Material for this task -
********************

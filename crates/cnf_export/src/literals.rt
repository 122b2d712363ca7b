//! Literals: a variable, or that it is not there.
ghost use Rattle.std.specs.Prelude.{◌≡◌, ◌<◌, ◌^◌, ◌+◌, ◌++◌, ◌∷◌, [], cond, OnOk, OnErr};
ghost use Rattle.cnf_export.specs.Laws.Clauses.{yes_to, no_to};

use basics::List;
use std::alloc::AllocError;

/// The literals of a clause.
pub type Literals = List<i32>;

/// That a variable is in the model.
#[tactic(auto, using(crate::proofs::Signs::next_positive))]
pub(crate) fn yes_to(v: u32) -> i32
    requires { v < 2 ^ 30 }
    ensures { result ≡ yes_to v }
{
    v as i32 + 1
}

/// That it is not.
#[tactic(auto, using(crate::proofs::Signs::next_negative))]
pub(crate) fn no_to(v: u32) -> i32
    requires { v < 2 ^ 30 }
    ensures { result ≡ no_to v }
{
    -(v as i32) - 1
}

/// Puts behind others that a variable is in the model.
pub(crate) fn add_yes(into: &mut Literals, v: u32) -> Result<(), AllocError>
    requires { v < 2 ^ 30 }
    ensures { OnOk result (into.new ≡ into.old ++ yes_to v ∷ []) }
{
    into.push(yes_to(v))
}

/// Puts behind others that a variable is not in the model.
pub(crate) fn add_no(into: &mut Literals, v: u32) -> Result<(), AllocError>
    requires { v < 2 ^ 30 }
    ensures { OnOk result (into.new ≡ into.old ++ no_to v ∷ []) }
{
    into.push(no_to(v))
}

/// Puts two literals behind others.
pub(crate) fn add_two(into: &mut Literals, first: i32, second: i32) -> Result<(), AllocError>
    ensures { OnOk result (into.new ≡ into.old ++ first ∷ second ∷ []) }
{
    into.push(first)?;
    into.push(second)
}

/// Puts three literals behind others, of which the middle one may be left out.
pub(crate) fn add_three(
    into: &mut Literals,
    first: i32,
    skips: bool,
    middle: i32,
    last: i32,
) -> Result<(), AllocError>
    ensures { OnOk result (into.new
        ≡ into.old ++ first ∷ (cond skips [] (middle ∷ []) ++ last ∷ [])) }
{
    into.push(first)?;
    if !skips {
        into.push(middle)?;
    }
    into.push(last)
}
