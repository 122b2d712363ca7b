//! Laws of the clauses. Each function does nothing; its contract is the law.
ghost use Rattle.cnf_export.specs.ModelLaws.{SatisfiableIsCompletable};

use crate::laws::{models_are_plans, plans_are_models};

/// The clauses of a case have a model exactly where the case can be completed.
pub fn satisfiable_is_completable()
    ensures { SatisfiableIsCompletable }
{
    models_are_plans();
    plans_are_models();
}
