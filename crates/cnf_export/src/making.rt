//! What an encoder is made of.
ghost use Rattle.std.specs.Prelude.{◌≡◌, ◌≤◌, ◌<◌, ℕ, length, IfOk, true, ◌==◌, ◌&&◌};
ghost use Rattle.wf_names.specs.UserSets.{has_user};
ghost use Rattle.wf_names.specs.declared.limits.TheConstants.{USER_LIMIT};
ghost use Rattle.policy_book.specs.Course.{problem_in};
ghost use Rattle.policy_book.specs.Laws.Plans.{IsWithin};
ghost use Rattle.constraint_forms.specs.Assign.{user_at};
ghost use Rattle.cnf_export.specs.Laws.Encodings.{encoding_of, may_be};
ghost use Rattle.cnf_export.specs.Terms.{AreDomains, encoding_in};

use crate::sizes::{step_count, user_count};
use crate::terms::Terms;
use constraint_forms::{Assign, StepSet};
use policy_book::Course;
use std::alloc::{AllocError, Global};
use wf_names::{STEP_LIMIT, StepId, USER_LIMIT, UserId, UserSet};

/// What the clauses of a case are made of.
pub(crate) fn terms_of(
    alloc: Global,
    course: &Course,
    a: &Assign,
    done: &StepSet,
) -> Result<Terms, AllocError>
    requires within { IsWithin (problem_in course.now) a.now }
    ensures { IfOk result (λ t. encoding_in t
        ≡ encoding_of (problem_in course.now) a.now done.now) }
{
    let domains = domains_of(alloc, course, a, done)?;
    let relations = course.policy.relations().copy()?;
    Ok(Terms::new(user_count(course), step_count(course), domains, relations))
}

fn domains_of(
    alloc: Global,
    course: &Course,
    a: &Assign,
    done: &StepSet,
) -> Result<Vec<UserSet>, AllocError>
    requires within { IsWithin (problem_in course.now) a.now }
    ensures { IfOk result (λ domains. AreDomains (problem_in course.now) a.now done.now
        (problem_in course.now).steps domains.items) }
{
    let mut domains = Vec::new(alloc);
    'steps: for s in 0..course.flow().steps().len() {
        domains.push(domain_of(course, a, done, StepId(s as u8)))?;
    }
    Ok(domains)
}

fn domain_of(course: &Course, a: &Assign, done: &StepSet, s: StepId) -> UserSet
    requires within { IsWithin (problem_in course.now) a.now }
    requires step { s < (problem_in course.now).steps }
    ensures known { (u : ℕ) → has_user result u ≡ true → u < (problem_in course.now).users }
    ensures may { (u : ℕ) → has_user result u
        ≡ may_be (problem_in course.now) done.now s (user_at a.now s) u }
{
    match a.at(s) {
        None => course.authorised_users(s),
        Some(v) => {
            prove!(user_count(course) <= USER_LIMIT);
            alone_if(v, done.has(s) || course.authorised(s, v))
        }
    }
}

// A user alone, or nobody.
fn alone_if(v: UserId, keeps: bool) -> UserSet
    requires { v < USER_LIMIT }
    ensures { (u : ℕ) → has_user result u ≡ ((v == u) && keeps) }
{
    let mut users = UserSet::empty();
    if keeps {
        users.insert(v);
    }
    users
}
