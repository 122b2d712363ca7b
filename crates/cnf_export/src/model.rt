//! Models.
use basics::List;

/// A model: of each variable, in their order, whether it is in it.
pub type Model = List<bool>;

********************

Your instructions -
List every line above that contains the word "What".

Answer section -
//! What an encoder is made of.
/// What the clauses of a case are made of.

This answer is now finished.